Saved entries:
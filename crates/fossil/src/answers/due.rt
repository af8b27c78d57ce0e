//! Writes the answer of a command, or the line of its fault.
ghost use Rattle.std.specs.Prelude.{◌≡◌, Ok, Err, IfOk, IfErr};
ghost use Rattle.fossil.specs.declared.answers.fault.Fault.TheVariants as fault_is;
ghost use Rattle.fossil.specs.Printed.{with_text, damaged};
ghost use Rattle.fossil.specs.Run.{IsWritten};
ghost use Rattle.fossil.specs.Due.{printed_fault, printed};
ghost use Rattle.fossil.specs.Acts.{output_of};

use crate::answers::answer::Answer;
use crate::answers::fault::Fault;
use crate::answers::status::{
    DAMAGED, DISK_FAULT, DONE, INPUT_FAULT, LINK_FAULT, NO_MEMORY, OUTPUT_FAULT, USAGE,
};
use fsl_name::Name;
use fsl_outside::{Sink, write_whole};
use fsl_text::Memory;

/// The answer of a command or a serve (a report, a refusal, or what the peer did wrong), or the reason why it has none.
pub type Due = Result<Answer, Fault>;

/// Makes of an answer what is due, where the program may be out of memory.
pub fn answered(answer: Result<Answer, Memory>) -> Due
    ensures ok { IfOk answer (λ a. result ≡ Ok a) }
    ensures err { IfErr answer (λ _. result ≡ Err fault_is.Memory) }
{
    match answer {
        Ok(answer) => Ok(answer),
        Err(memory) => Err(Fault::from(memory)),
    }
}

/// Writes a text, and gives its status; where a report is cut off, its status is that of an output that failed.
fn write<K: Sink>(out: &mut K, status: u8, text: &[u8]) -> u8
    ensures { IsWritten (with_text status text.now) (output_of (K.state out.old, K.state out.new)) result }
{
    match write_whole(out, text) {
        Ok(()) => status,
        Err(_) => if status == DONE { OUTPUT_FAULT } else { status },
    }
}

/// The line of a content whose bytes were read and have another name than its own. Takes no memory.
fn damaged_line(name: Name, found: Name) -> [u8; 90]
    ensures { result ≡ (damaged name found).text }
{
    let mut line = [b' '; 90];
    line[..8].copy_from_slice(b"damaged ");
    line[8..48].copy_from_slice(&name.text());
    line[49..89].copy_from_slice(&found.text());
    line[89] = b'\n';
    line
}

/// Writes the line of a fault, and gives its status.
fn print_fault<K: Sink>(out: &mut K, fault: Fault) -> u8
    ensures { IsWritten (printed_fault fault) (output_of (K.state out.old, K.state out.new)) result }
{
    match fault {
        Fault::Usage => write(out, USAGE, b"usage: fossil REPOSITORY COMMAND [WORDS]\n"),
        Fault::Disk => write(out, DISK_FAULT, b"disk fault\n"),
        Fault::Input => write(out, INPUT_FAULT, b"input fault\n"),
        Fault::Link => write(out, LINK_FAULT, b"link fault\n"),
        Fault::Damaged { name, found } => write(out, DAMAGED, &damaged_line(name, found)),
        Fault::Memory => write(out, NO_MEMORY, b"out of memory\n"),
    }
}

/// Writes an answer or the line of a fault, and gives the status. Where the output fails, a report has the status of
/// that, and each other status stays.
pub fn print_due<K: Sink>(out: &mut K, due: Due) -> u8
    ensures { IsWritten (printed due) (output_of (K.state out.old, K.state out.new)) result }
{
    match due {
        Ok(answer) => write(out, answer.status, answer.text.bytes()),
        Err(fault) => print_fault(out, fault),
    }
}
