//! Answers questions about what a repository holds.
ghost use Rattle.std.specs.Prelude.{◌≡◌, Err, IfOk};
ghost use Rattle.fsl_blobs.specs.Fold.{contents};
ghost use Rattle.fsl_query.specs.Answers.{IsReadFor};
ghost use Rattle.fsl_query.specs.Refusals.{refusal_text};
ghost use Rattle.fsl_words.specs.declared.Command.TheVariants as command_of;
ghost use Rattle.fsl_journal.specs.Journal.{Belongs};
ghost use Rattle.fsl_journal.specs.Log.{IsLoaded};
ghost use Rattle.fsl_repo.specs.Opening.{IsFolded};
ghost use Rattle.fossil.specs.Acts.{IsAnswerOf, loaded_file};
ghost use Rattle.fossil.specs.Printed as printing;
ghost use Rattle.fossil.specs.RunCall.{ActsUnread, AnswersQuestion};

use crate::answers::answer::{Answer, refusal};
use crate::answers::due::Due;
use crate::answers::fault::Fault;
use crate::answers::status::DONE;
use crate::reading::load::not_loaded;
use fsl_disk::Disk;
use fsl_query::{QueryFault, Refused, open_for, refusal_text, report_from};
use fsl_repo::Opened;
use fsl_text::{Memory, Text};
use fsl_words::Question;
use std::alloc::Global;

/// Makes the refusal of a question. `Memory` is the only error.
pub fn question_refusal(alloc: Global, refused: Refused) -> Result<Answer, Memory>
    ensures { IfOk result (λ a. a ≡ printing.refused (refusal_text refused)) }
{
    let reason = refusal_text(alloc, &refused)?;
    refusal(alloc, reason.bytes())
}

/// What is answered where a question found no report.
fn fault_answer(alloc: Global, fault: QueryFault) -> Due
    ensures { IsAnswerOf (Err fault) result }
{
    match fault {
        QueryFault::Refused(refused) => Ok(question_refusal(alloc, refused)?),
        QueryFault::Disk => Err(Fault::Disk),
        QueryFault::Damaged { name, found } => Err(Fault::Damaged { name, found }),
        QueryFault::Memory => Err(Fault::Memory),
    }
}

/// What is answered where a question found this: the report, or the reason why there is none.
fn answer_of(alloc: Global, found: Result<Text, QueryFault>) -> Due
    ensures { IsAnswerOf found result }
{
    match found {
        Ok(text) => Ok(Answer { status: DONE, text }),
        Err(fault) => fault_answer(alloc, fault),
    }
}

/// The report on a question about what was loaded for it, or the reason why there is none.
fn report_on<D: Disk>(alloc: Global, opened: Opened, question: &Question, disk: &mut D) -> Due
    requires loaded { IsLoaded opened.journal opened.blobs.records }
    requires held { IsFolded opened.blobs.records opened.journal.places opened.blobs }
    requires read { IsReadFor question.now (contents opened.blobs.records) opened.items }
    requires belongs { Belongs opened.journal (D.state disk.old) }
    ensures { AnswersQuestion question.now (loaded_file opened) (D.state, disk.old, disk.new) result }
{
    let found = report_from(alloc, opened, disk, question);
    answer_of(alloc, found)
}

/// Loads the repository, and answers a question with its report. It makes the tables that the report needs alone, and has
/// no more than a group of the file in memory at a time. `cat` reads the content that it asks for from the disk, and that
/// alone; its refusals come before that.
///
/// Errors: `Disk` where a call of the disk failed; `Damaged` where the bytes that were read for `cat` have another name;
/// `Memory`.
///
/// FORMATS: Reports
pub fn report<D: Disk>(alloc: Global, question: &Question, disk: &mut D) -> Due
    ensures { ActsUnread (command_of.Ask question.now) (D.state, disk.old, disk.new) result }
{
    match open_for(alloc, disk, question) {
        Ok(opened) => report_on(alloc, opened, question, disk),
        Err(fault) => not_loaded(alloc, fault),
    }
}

YOUR ASSIGNMENT:
State the number of lines in the preceding data that contain the word "IfOk", and nothing besides.

TASK RESULT:
4